▼▼▼

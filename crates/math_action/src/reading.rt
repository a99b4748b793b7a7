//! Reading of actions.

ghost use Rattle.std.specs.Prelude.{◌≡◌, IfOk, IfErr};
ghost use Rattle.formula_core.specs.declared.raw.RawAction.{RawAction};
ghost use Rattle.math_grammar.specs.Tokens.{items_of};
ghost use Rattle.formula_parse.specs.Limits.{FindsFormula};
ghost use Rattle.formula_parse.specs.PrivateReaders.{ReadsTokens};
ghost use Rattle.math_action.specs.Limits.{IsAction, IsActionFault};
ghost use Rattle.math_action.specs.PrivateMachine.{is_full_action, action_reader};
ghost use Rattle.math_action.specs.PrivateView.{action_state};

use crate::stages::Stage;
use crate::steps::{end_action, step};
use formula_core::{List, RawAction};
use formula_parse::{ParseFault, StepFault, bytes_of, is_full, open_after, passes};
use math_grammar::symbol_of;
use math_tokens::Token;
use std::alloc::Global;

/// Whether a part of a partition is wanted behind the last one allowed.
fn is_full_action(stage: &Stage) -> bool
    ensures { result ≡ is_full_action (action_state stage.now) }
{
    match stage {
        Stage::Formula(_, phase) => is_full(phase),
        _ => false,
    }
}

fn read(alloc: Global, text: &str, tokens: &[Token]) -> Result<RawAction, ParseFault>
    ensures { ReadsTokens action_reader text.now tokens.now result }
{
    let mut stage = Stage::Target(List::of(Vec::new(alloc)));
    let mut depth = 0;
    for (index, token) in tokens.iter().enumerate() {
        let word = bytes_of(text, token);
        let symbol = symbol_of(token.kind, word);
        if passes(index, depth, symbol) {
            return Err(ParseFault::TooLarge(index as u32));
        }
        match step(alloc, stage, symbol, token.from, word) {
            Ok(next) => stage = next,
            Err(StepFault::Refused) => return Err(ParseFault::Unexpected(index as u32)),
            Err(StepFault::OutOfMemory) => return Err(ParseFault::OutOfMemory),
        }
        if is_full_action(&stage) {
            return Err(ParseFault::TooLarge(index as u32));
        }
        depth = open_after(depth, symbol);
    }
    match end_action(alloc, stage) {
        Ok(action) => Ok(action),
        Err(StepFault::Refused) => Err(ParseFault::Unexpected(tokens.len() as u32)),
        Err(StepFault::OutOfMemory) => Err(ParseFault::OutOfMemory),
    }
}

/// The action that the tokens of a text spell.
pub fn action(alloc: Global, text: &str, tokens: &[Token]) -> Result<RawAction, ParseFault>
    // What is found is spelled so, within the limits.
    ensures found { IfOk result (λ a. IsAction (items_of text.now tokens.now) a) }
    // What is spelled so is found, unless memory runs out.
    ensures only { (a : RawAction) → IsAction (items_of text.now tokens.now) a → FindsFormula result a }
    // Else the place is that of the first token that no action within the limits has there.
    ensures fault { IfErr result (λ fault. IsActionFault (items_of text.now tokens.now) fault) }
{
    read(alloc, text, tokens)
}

▲▲▲

- [Your goal]
In the material above, find every line that has the string "IfErr" and pull those lines out.

- [Answer area]
ghost use Rattle.std.specs.Prelude.{◌≡◌, IfOk, IfErr};
    ensures fault { IfErr result (λ fault. IsActionFault (items_of text.now tokens.now) fault) }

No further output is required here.